LeetCode Solutions Blog

Modify Graph Edge Weights

Number: 2803

Difficulty: Hard

Paid? No

Companies: Google

Problem Description

Given an undirected, weighted, and connected graph with n nodes and a list of edges (some with unknown weight, i.e. -1), assign a positive integer (in [1, 2 * 10^9]) to every edge whose weight is -1 so that the shortest distance between a specified source and destination becomes exactly target. You are not allowed to change edges that already have a positive weight. If one such modification is possible, return an array of all edges with the modified weights (order may change); otherwise, return an empty array.

Key Insights

First, use Dijkstra’s algorithm twice:
- Once setting all unknown (-1) weights to 1 to get the minimum possible distance.
- Once setting all unknown weights to a very large number (2*10^9) to get the maximum possible distance.
If the target is not between these two computed distances, a solution is impossible.
Compute a helper array (distances from each node to the destination) using Dijkstra’s reversed graph where unknown weights are 1. This will be used to “reserve” the necessary slack for adjustment.
Do a “forward” Dijkstra from the source. When relaxing an edge with unknown weight, determine the required weight = target - (current distance from source) - (precomputed distance from neighbor to destination). This adjustment “forces” the shortest path to add up to target.
Finally, assign 1 to any remaining unknown edges that were not used (or didn’t require adjustment) and return all edges.

Space and Time Complexity

Time Complexity: O(m log n) where m is the number of edges and n is the number of nodes (Dijkstra’s algorithm is run multiple times). Space Complexity: O(n + m) for storing the graph and auxiliary arrays.

Solution

We first run Dijkstra’s algorithm from the destination in the reverse graph with all unknown edges set to a weight of 1. This gives us, for every node, the minimum distance to the destination ignoring modifications. Then, we run a forward Dijkstra from the source. For each edge which originally had weight -1, we calculate the would–be needed weight that makes current_distance + (new_weight) + (distance from neighbor to destination) exactly equal to target. If the computed weight is below 1, we use 1; if above 210^9, we use 210^9. This update “fixes” that unknown edge when it is used in the shortest path so that the overall distance is forced to target. Finally, we verify that the distance from source to destination in our modified graph is exactly target. If so, we update all remaining -1 edges to 1 and output the modified edge list; if not, we return an empty array.

Key data structures:

An adjacency list (graph) representation.
A min heap (priority queue) for Dijkstra.
Two distance arrays (one from the destination; one from the source with modifications).
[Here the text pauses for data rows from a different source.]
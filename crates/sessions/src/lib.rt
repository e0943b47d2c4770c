//! Sessions, which threads own, and the desk, which a lock guards. The operations that a session
//! has seen are always a prefix of the desk's log.
#![tactic(auto)]

mod book;
mod desk;
mod meeting;
mod session;

pub use desk::Desk;
pub use meeting::meet;
pub use session::Session;
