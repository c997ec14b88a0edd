//! What the device does to its registers.
//!
//! `ask_reset` does nothing without DRIVER_OK: the standard allows DEVICE_NEEDS_RESET only beside it, and a device works only
//! then. `config_changed` takes the feature bits with which a driver may hear of the change: each device knows its own, the
//! register file does not.

ghost use Rattle.std.specs.Prelude.{◌≡◌, ◌<◌, length};
ghost use Rattle.mmio.specs.Interrupts.{used_raised, configuration_changed, reset_asked};
ghost use Rattle.mmio.specs.State.{with_common, queue_at};
ghost use Rattle.mmio.specs.QueueRegisters.{notified_cleared};
ghost use Rattle.mmio.specs.Effects.{IsSameDevice};

use crate::common::Common;
use crate::constants::{CONFIGURATION_CHANGE, DEVICE_NEEDS_RESET, DRIVER_OK, USED_BUFFER};
use crate::queue::Queue;
use crate::regs::Regs;

impl Regs {
    /// Asks the driver for a reset (VIRTIO 1.2, 2.1.2): DEVICE_NEEDS_RESET and the interrupt of a configuration change.
    /// A device that is not driven, without DRIVER_OK, stays as it is.
    #[tactic(auto, using(crate::proofs::Keeping::asked_kept))]
    pub fn ask_reset(&mut self)
        ensures { self.new ≡ with_common self.old (reset_asked self.old.common) }
    {
        let common = self.common();
        if common.status & DRIVER_OK != DRIVER_OK {
            return;
        }
        self.set_common(Common {
            status: common.status | DEVICE_NEEDS_RESET,
            interrupts: common.interrupts | CONFIGURATION_CHANGE,
            ..common
        });
    }

    /// Raises the interrupt of a used buffer.
    pub fn raise_used(&mut self)
        ensures { self.new ≡ with_common self.old (used_raised self.old.common) }
    {
        self.common.interrupts |= USED_BUFFER;
    }

    /// Reports to the driver that the configuration has changed. The change is counted, modulo 2^32. It interrupts
    /// where DRIVER_OK is set and each feature bit of `feature`, by which the driver may learn of it, is negotiated.
    #[tactic(auto, using(crate::proofs::Keeping::change_kept))]
    pub fn config_changed(&mut self, feature: u64)
        ensures { self.new ≡ with_common self.old (configuration_changed self.old.common feature) }
    {
        let common = self.common();
        let counted = Common {
            generation: common.generation.wrapping_add(1),
            ..common
        };
        if common.status & DRIVER_OK != DRIVER_OK || common.features & feature != feature {
            self.set_common(counted);
            return;
        }
        self.set_common(Common {
            interrupts: counted.interrupts | CONFIGURATION_CHANGE,
            ..counted
        });
    }

    /// Clears the notified flag of a queue, which was found empty.
    pub fn clear_notified(&mut self, number: u8)
        requires { number < length self.old.queues }
        ensures value { self.new ≡ notified_cleared self.old number (queue_at self.old number) }
        ensures same { IsSameDevice self.old self.new }
    {
        let queue = self.queue(number);
        self.set_queue(
            number,
            Queue {
                is_notified: false,
                ..queue
            },
        );
    }
}
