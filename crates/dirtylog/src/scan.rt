//! The least bit that is set, looked for in few words.

ghost use Rattle.std.specs.Prelude.{◌≡◌, ◌≢◌, ◌<◌, ◌≤◌, ◌^◌, ◌+◌, ◌-◌, ◌*◌, ◌/◌, ℕ, length, get_or, true, take, drop, MatchOption};
ghost use Rattle.dirtylog.specs.Words.{bit_in, AreLevels, AreZeroBetween, IsLeastBitFrom};
ghost use Rattle.std.specs.Int.{bit_at};

use crate::bits::WORD_BITS;
use std::simd::prelude::*;

/// Words that are looked at together.
const LANES: usize = 8;

/// Reads words, and counts them.
#[derive(Drop)]
pub(crate) struct Reader {
    looked: u64,
}

impl Reader {
    /// One that has read none.
    pub(crate) fn new() -> Reader
        ensures { result.looked ≡ 0 }
    {
        Reader { looked: 0 }
    }

    /// How many words it has read.
    pub(crate) fn looked(&self) -> u64
        ensures { result ≡ self.now.looked }
    {
        self.looked
    }

    /// `count` words from index `at` on. Every word that is looked at is read here, and counted once.
    fn read<'a>(&mut self, words: &'a [u64], at: usize, count: usize) -> &'a [u64]
        requires inside { at + count ≤ length words.now }
        requires few { self.old.looked + count < 2 ^ 64 }
        ensures words { result.now ≡ take count (drop at words.entry.now) }
        ensures counted { self.new.looked ≡ self.old.looked + count }
    {
        self.looked += count as u64;
        &words[at..at + count]
    }

    /// The word at index `at`.
    pub(crate) fn word(&mut self, words: &[u64], at: usize) -> u64
        requires inside { at < length words.now }
        requires few { self.old.looked + 1 < 2 ^ 64 }
        ensures word { result ≡ get_or words.now at 0 }
        ensures counted { self.new.looked ≡ self.old.looked + 1 }
    {
        self.read(words, at, 1)[0]
    }

    /// Whether the `LANES` words from index `at` on are zero, tested by lanes. It may return false where they are.
    fn are_zero(&mut self, words: &[u64], at: usize) -> bool
        requires inside { at + 8 ≤ length words.now }
        requires few { self.old.looked + 8 < 2 ^ 64 }
        ensures zero { result ≡ true → AreZeroBetween words.now at (at + 8) }
        ensures counted { self.new.looked ≡ self.old.looked + 8 }
    {
        let lanes = u64x8::from_slice(self.read(words, at, LANES));
        lanes.simd_ne(u64x8::splat(0)).to_bitmask() == 0
    }

    /// The index of the first word from `from` on that is not zero, or the length. It looks at no word twice, but for
    /// eight.
    fn first_nonzero(&mut self, words: &[u64], from: usize) -> usize
        requires from { from ≤ length words.now }
        requires few { self.old.looked + length words.now + 9 < 2 ^ 64 }
        ensures from { from ≤ result }
        ensures within { result ≤ length words.now }
        ensures zeros { AreZeroBetween words.now from result }
        ensures found { result < length words.now → get_or words.now result 0 ≢ 0 }
        ensures counted { self.new.looked + from ≤ self.old.looked + result + 9 }
        ensures through { self.old.looked + result ≤ self.new.looked + from }
    {
        let mut i = from;
        'lanes: while words.len() - i >= LANES {
            if !self.are_zero(words, i) {
                break;
            }
            i += LANES;
        }
        'rest: while i < words.len() {
            if self.word(words, i) != 0 {
                return i;
            }
            i += 1;
        }
        i
    }

    /// The least bit that is set, of those from `from` on: in the rest of its word, or in the first word after it that is not
    /// zero.
    pub(crate) fn least_bit(&mut self, words: &[u64], from: u64) -> Option<u64>
        requires small { 64 * length words.now < 2 ^ 64 }
        requires few { self.old.looked + length words.now + 11 < 2 ^ 64 }
        ensures least { IsLeastBitFrom words.now from result }
        ensures counted { self.new.looked ≤ self.old.looked + length words.now + 10 }
        ensures through { MatchOption result (self.old.looked + length words.now ≤ self.new.looked + from / 64) (λ n. self.old.looked + n / 64 < self.new.looked + from / 64) }
    {
        let at = (from / WORD_BITS) as usize;
        if at >= words.len() {
            return None;
        }
        if let Some(bit) = bit_from(self.word(words, at), from % WORD_BITS) {
            return Some(WORD_BITS * at as u64 + bit);
        }
        let at = self.first_nonzero(words, at + 1);
        if at == words.len() {
            return None;
        }
        let bit = lowest_bit(self.word(words, at));
        Some(WORD_BITS * at as u64 + bit)
    }
}

/// The index of the first word from `from` on that is not zero, or the length. It looks at eight words at a time.
pub fn first_nonzero(words: &[u64], from: usize) -> usize
    requires { from ≤ length words.now }
    ensures from { from ≤ result }
    ensures within { result ≤ length words.now }
    ensures zeros { AreZeroBetween words.now from result }
    ensures found { result < length words.now → get_or words.now result 0 ≢ 0 }
{
    Reader::new().first_nonzero(words, from)
}

/// The index of the lowest bit that is set.
pub(crate) fn lowest_bit(word: u64) -> u64
    requires { word ≢ 0 }
    ensures place { result < 64 }
    ensures one { bit_at word result ≡ 1 }
    ensures lowest { (k : ℕ) → k < result → bit_at word k ≡ 0 }
{
    word.trailing_zeros() as u64
}

/// The index of the lowest bit that is set, of those from `from` on.
pub fn bit_from(word: u64, from: u64) -> Option<u64>
    requires { from < 64 }
    ensures { MatchOption result ((k : ℕ) → from ≤ k → bit_at word k ≡ 0) (λ n. (from ≤ n) × (n < 64) × (bit_at word n ≡ 1) × ((k : ℕ) → from ≤ k → k < n → bit_at word k ≡ 0)) }
{
    let rest = word & u64::MAX << from;
    if rest == 0 {
        return None;
    }
    Some(lowest_bit(rest))
}

/// The least bit of words that is set, of those from `n` on: in the rest of its word, or in the next word that is marked. The
/// marks have a bit for each word that is not zero.
pub(crate) fn find_bit(words: &[u64], marks: &[u64], n: u64, reader: &mut Reader) -> Option<u64>
    requires levels { (len : ℕ) × AreLevels words.now marks.now len × (n < len) × (len < 2 ^ 64) }
    requires fresh { reader.old.looked ≡ 0 }
    ensures least { IsLeastBitFrom words.now n result }
    ensures counted { reader.new.looked ≤ length marks.now + 12 }
    ensures through { MatchOption result (length marks.now ≤ reader.new.looked + n / 4096) (λ m. m / 4096 < reader.new.looked + n / 4096) }
{
    let at = n / WORD_BITS;
    if let Some(bit) = bit_from(reader.word(words, at as usize), n % WORD_BITS) {
        return Some(WORD_BITS * at + bit);
    }
    let next = reader.least_bit(marks, at + 1)?;
    let bit = lowest_bit(reader.word(words, next as usize));
    Some(WORD_BITS * next + bit)
}
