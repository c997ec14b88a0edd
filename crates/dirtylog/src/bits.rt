//! Bits in words of 64.

ghost use Rattle.std.specs.Prelude.{◌≡◌, ◌<◌, ◌≤◌, ◌*◌, ◌%◌, ◌^◌, ◌==◌, count_ones as ones, length, replicate, get_or, IfOk};
ghost use Rattle.dirtylog.specs.Members.{member_count};
ghost use Rattle.dirtylog.specs.Words.{bit_in, flags_of, AreAll, HasRoomFor, IsUnmarked, IsWithBit};

use std::alloc::{AllocError, Global};

/// Bits in a word.
pub(crate) const WORD_BITS: u64 = 64;

/// Whether bit n is set.
pub(crate) fn has_bit(words: &[u64], n: u64) -> bool
    requires { n < 64 * length words.now }
    ensures { result ≡ (bit_in words.now n == 1) }
{
    words[(n / WORD_BITS) as usize] >> (n % WORD_BITS) & 1 == 1
}

/// How many of the lowest `count` bits of a word are set.
fn ones_below(word: u64, count: u64) -> u64
    requires some { 0 < count }
    requires few { count ≤ 64 }
    ensures { result ≡ ones (word % 2 ^ count) }
{
    (word & (u64::MAX >> (WORD_BITS - count))).count_ones() as u64
}

/// How many of the bits below bit n are set.
pub(crate) fn count_ones(words: &[u64], n: u64) -> u64
    requires { n ≤ 64 * length words.now }
    ensures { result ≡ member_count (flags_of words.now n) }
{
    let mut count = 0;
    for at in 0..n / WORD_BITS {
        count += ones_below(words[at as usize], WORD_BITS);
    }
    let rest = n % WORD_BITS;
    if rest != 0 {
        count += ones_below(words[(n / WORD_BITS) as usize], rest);
    }
    count
}

/// Sets bit n.
pub(crate) fn set_bit(words: &mut Vec<u64>, n: u64)
    requires { n < 64 * length words.old.items }
    ensures { IsWithBit words.old.items words.new.items n 1 }
{
    let at = (n / WORD_BITS) as usize;
    let word = words[at];
    words[at] = word | 1 << (n % WORD_BITS);
}

/// Clears bit n.
pub(crate) fn clear_bit(words: &mut Vec<u64>, n: u64)
    requires { n < 64 * length words.old.items }
    ensures { IsWithBit words.old.items words.new.items n 0 }
{
    let at = (n / WORD_BITS) as usize;
    let word = words[at];
    words[at] = word & !(1 << (n % WORD_BITS));
}

/// Clears the mark of a word that is zero. The marks have a bit for each word.
pub(crate) fn unmark(words: &Vec<u64>, marks: &mut Vec<u64>, at: u64)
    requires word { at < length words.now.items }
    requires mark { at < 64 * length marks.old.items }
    ensures { IsUnmarked (get_or words.now.items at 0) marks.old.items marks.new.items at }
{
    if words[at as usize] == 0 {
        clear_bit(marks, at);
    }
}

/// Words of zeros. Its only error is out of memory.
pub(crate) fn zeros(alloc: Global, count: usize) -> Result<Vec<u64>, AllocError>
    ensures { IfOk result (λ words. words.items ≡ replicate count 0) }
{
    vec![in alloc; 0u64; count]
}

/// Sets every word to this one.
fn fill(words: &mut Vec<u64>, word: u64)
    ensures { words.new.items ≡ replicate (length words.old.items) word }
{
    words.fill(word);
}

/// Sets all bits below a length. Those of the last word past it are clear.
pub(crate) fn set_all(words: &mut Vec<u64>, len: u64)
    requires { HasRoomFor len (length words.old.items) }
    ensures size { length words.new.items ≡ length words.old.items }
    ensures all { AreAll 1 words.new.items len }
{
    fill(words, u64::MAX);
    let used = len % WORD_BITS;
    if used != 0 {
        let last = words.len() - 1;
        words[last] = u64::MAX >> (WORD_BITS - used);
    }
}

/// Clears all bits.
pub(crate) fn clear_all(words: &mut Vec<u64>)
    ensures { words.new.items ≡ replicate (length words.old.items) 0 }
{
    fill(words, 0);
}
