//! Registers as they were saved.

ghost use Rattle.std.specs.Prelude.{◌≡◌, length};
ghost use Rattle.mmio.specs.Sound.{IsSoundRegisters};

use crate::common::Common;
use crate::queue::Queue;
use crate::regs::Regs;

impl Regs {
    /// Sets the registers as they were saved. The caller has checked that they are sound, by `is_sound_common` and, of
    /// each queue, `is_sound_queue`.
    pub fn restore(&mut self, common: Common, queues: &[Queue])
        requires count { length queues.now ≡ length self.old.queues }
        requires sound { IsSoundRegisters (record self.old { common = common; queues = queues.now }) }
        ensures { self.new ≡ record self.old { common = common; queues = queues.now } }
    {
        self.common = common;
        self.queues[..queues.len()].copy_from_slice(queues);
    }
}
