//! Parts of the registers, one at a time.

ghost use Rattle.std.specs.Prelude.{◌≡◌, length};
ghost use Rattle.mmio.specs.Status.{is_running};

use crate::constants::{DEVICE_NEEDS_RESET, DRIVER_OK};
use crate::regs::Regs;

impl Regs {
    /// What kind of device it is: the value of DeviceID.
    pub fn device_id(&self) -> u32
        ensures { result ≡ self.now.device_id }
    {
        self.device_id
    }

    /// The feature bits that the device offers.
    pub fn offered(&self) -> u64
        ensures { result ≡ self.now.offered }
    {
        self.offered
    }

    /// The guest-physical address of RAM's first byte, as given when the registers were made.
    pub fn ram_base(&self) -> u64
        ensures { result ≡ self.now.ram_base }
    {
        self.ram_base
    }

    /// The status bits.
    pub fn status(&self) -> u8
        ensures { result ≡ self.now.common.status }
    {
        self.common.status
    }

    /// The interrupts that the driver has not acknowledged yet. The line of the device is high while there are any.
    pub fn interrupts(&self) -> u8
        ensures { result ≡ self.now.common.interrupts }
    {
        self.common.interrupts
    }

    /// The feature bits that the driver has written. They are settled once FEATURES_OK is set.
    pub fn features(&self) -> u64
        ensures { result ≡ self.now.common.features }
    {
        self.common.features
    }

    /// How many queues the device has.
    pub(crate) fn queue_count(&self) -> u8
        ensures { result ≡ length self.now.queues }
    {
        self.queues().len() as u8
    }

    /// Whether the device does its work: the driver drives it, and it has not asked for a reset.
    pub fn is_running(&self) -> bool
        ensures { result ≡ is_running self.now.common }
    {
        let status = self.status();
        status & DRIVER_OK == DRIVER_OK && status & DEVICE_NEEDS_RESET != DEVICE_NEEDS_RESET
    }
}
The “gotcha” is ensuring that the computed new weight for an edge exactly “absorbs” the slack needed to reach the target distance while also keeping the modification valid (in [1, 2*10^9]).

Code Solutions

import heapq
from collections import defaultdict
from math import inf

def modifiedGraphEdges(n, edges, source, destination, target):
    # Build graph and reverse graph while recording edge indices.
    graph = defaultdict(list)
    rev_graph = defaultdict(list)
    for i, (u, v, w) in enumerate(edges):
        graph[u].append((v, w, i))
        graph[v].append((u, w, i))
        rev_graph[u].append((v, w))
        rev_graph[v].append((u, w))
        
    # Helper function: Dijkstra's algorithm returning distances.
    def dijkstra(start, graph_dict, assign_for_unknown):
        dist = [inf] * n
        dist[start] = 0
        heap = [(0, start)]
        while heap:
            d, node = heapq.heappop(heap)
            if d != dist[node]:
                continue
            for nbr, w, *rest in graph_dict[node]:
                weight = w if w != -1 else assign_for_unknown
                nd = d + weight
                if nd < dist[nbr]:
                    dist[nbr] = nd
                    heapq.heappush(heap, (nd, nbr))
        return dist

    # Precompute distances from every node to destination (reverse Dijkstra)
    # with unknown edges treated as weight = 1.
    # Since graph is undirected, we can just run from destination.
    rev_dist = [inf] * n
    rev_dist[destination] = 0
    heap = [(0, destination)]
    while heap:
        d, node = heapq.heappop(heap)
        if d != rev_dist[node]:
            continue
        for nbr, w, in graph[node]:
            weight = w if w != -1 else 1
            nd = d + weight
            if nd < rev_dist[nbr]:
                rev_dist[nbr] = nd
                heapq.heappush(heap, (nd, nbr))
    
    # Run forward Dijkstra from source using modified weights when needed.
    dist = [inf] * n
    dist[source] = 0
    heap = [(0, source)]
    # We copy the edge list so that we can modify unknown weights
    newEdges = edges[:]
    while heap:
        d, node = heapq.heappop(heap)
        if d != dist[node]:
            continue
        # If we reached destination, no need to continue processing.
        for nbr, w, idx in graph[node]:
            # If edge is fixed, its weight stays unchanged.
            if w != -1:
                nd = d + w
                if nd < dist[nbr]:
                    dist[nbr] = nd
                    heapq.heappush(heap, (nd, nbr))
            else:
                # For unknown weight edge, determine the weight needed so that:
                # d + newWeight + rev_dist[nbr] == target.
                # If rev_dist[nbr] == inf, then nbr is not reachable properly.
                required = target - d - rev_dist[nbr]
                if required < 1:
                    required = 1
                if required > 2 * 10**9:
                    required = 2 * 10**9
                # Use computed weight.
                nd = d + required
                if nd < dist[nbr]:
                    dist[nbr] = nd
                    heapq.heappush(heap, (nd, nbr))
                    newEdges[idx][2] = required  # update edge weight in our answer
                    # Update the graph with the new fixed weight.
                    # Because the graph is undirected, update the paired edge as well.
                    for i, (nbr2, w2, idx2) in enumerate(graph[nbr]):
                        if nbr2 == node and idx2 == idx:
                            graph[nbr][i] = (node, required, idx2)
                            break

    # After the forward pass, if distance[target] != target, then no solution.
    if dist[destination] != target:
        return []
    # For any remaining edge with weight -1, set weight to 1.
    for i, edge in enumerate(newEdges):
        if edge[2] == -1:
            newEdges[i][2] = 1
    return newEdges

# Example usage:
if __name__ == "__main__":
    n = 5
    edges = [[4,1,-1],[2,0,-1],[0,3,-1],[4,3,-1]]
    source = 0
    destination = 1
    target = 5
    print(modifiedGraphEdges(n, edges, source, destination, target))